About this exercise: Under this line are the records; write out word for word the part that begins at the line containing "have been put." and ends at the line containing "to this length.", and no more.

══════

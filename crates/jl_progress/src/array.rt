//! What the functions of arrays that change or copy keep while they wait for a value (15.4.4.2 to 15.4.4.13).
use jl_text::{List, Text};
use jl_value::{ObjId, Value};

/// A function of arrays that begins with the length of what it is called on.
#[derive(Drop)]
pub enum LengthFunction {
    /// `join` (15.4.4.5).
    Join,
    /// `pop` (15.4.4.6).
    Pop,
    /// `push` (15.4.4.7).
    Push,
    /// `reverse` (15.4.4.8).
    Reverse,
    /// `shift` (15.4.4.9).
    Shift,
    /// `sort` without a function to compare by (15.4.4.11).
    Sort,
    /// `splice` (15.4.4.12), with the new array for the elements that go.
    Splice { array: ObjId },
    /// `unshift` (15.4.4.13).
    Unshift,
}

/// Elements of an object from an index on that become elements of a new array from another on: `k` have been copied,
/// and so many are left.
#[derive(Drop)]
pub struct Copying {
    pub object: ObjId,
    pub start: usize,
    pub array: ObjId,
    pub first: usize,
    pub left: usize,
    pub k: usize,
}

/// What `splice` does with an object of this length: from an index on so many elements go, and these come (15.4.4.12).
#[derive(Drop)]
pub struct Splicing {
    pub object: ObjId,
    pub array: ObjId,
    pub length: usize,
    pub start: usize,
    pub removed: usize,
    pub items: List<Value>,
}

/// What follows when elements have been copied.
#[derive(Drop)]
pub enum AfterCopying {
    /// `concat` appends its other items from an index on; the next element has the index `next`.
    Concat {
        next: usize,
        items: List<Value>,
        from: usize,
    },
    /// `splice` makes room for the elements that come.
    Splice(Splicing),
}

/// Elements of an object that are moved: the one at `k` after `from` goes to `k` after `to`, and so many are left.
#[derive(Drop)]
pub struct Moving {
    pub object: ObjId,
    pub from: usize,
    pub to: usize,
    pub left: usize,
}

/// What follows when elements have been moved.
#[derive(Drop)]
pub enum AfterMoving {
    /// `shift` deletes the last element, and gives the first one.
    Shift { first: Value, last: usize },
    /// `splice` deletes the elements at the end.
    Delete(Splicing),
    /// `splice` puts the elements that come.
    Put(Splicing),
    /// `unshift` puts its arguments.
    Unshift { args: List<Value>, length: usize },
}

/// What follows when values have been put.
#[derive(Drop)]
pub enum AfterPutting {
    /// `push` puts the length, which is the index after them.
    Push,
    /// `unshift` puts this length.
    Unshift { length: usize },
    /// `splice` puts this length, and gives the new array.
    Splice { array: ObjId, length: usize },
    /// `sort` deletes the elements from there up to this length.
    Sort { length: usize },
}

/// A turn of `reverse` (15.4.4.8): the lower of the two indices, the length, and how many turns are left after it.
#[derive(Drop)]
pub struct Reversing {
    pub object: ObjId,
    pub length: usize,
    pub lower: usize,
    pub left: usize,
}

/// The turns of `join` (15.4.4.5): the next index, and how many turns are left from there.
#[derive(Drop)]
pub struct Joining {
    pub object: ObjId,
    pub separator: Text,
    pub left: usize,
    pub k: usize,
}

/// The turns in which `sort` reads (15.4.4.11): the next index, and how many are left from there.
#[derive(Drop)]
pub struct Reading {
    pub object: ObjId,
    pub length: usize,
    pub left: usize,
    pub k: usize,
}

/// What a function of arrays that changes or copies has done so far.
#[derive(Drop)]
pub enum ArrayProgress {
    /// `toString` waits for the property `join` (15.4.4.2).
    Join {
        object: ObjId,
    },
    /// A function waits for the length.
    Length {
        function: LengthFunction,
        object: ObjId,
        args: List<Value>,
    },
    /// It waits for the length as a primitive value.
    LengthPrimitive {
        function: LengthFunction,
        object: ObjId,
        args: List<Value>,
    },
    /// `concat` comes to its item at `from`, whose first element gets the index `next` (15.4.4.4).
    ConcatItem {
        array: ObjId,
        next: usize,
        items: List<Value>,
        from: usize,
    },
    /// It waits for the length of an item that is an array; the item after it is at `from`.
    ConcatLength {
        array: ObjId,
        next: usize,
        item: ObjId,
        items: List<Value>,
        from: usize,
    },
    /// A turn begins in which an element is copied.
    CopyTurn {
        copying: Copying,
        then: AfterCopying,
    },
    /// That turn waits for the element.
    CopyElement {
        copying: Copying,
        then: AfterCopying,
    },
    /// `join` waits for its separator as a primitive value (15.4.4.5).
    JoinSeparator {
        object: ObjId,
        length: usize,
    },
    /// It waits for the first element; `joining` is of the turns after it.
    JoinFirst {
        joining: Joining,
    },
    /// It waits for the first element as a primitive value.
    JoinFirstPrimitive {
        joining: Joining,
    },
    /// A turn begins, with the line so far.
    JoinTurn {
        joining: Joining,
        line: List<u16>,
    },
    /// That turn waits for the element; `joining` is of the turns after it, and the line ends with the separator.
    JoinElement {
        joining: Joining,
        line: List<u16>,
    },
    /// It waits for the element as a primitive value.
    JoinElementPrimitive {
        joining: Joining,
        line: List<u16>,
    },
    /// `pop` waits for the last element (15.4.4.6).
    PopElement {
        object: ObjId,
        last: usize,
    },
    /// A turn begins in which the value at `from` is put at an index.
    PutTurn {
        object: ObjId,
        index: usize,
        values: List<Value>,
        from: usize,
        then: AfterPutting,
    },
    /// A turn of `reverse` begins, if `left` isn't 0 (15.4.4.8).
    ReverseTurn {
        reversing: Reversing,
    },
    /// That turn waits for the lower element; `left` is of the turns after it.
    ReverseLower {
        reversing: Reversing,
    },
    /// It waits for the upper element.
    ReverseUpper {
        reversing: Reversing,
        low: Value,
    },
    /// The lower element has been put; the upper one gets this value, or is deleted.
    ReverseExchange {
        reversing: Reversing,
        low: Option<Value>,
    },
    /// `shift` waits for the first element (15.4.4.9).
    ShiftFirst {
        object: ObjId,
        last: usize,
    },
    /// A turn begins in which an element is moved, from `k` up.
    MoveUp {
        moving: Moving,
        k: usize,
        then: AfterMoving,
    },
    /// That turn waits for the element; `left` is of the turns after it.
    MoveUpElement {
        moving: Moving,
        k: usize,
        then: AfterMoving,
    },
    /// A turn begins in which an element is moved, down to 0.
    MoveDown {
        moving: Moving,
        then: AfterMoving,
    },
    /// That turn waits for the element; `left` is of the turns after it, and so the index.
    MoveDownElement {
        moving: Moving,
        then: AfterMoving,
    },
    /// A turn of `sort` begins in which an element is read, after those that have been read, each with the string that
    /// it is compared by (15.4.4.11).
    SortTurn {
        reading: Reading,
        read: List<(Option<Text>, Value)>,
    },
    /// That turn waits for the element; `reading` is of the turns after it.
    SortElement {
        reading: Reading,
        read: List<(Option<Text>, Value)>,
    },
    /// It waits for the element as a primitive value.
    SortPrimitive {
        reading: Reading,
        read: List<(Option<Text>, Value)>,
        element: Value,
    },
    /// A turn of `sort` begins in which the element at an index is deleted.
    DeleteUp {
        object: ObjId,
        index: usize,
        left: usize,
    },
    /// `splice` waits for its first argument as a primitive value (15.4.4.12).
    SpliceStart {
        object: ObjId,
        array: ObjId,
        length: usize,
        args: List<Value>,
    },
    /// It waits for its second argument as a primitive value.
    SpliceCount {
        object: ObjId,
        array: ObjId,
        length: usize,
        start: usize,
        args: List<Value>,
    },
    /// A turn of `splice` begins in which an element after the new end is deleted, down to that end.
    DeleteDown {
        splicing: Splicing,
        left: usize,
    },
}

══════

Answer space:
/// What follows when values have been put.
#[derive(Drop)]
pub enum AfterPutting {
    /// `push` puts the length, which is the index after them.
    Push,
    /// `unshift` puts this length.
    Unshift { length: usize },
    /// `splice` puts this length, and gives the new array.
    Splice { array: ObjId, length: usize },
    /// `sort` deletes the elements from there up to this length.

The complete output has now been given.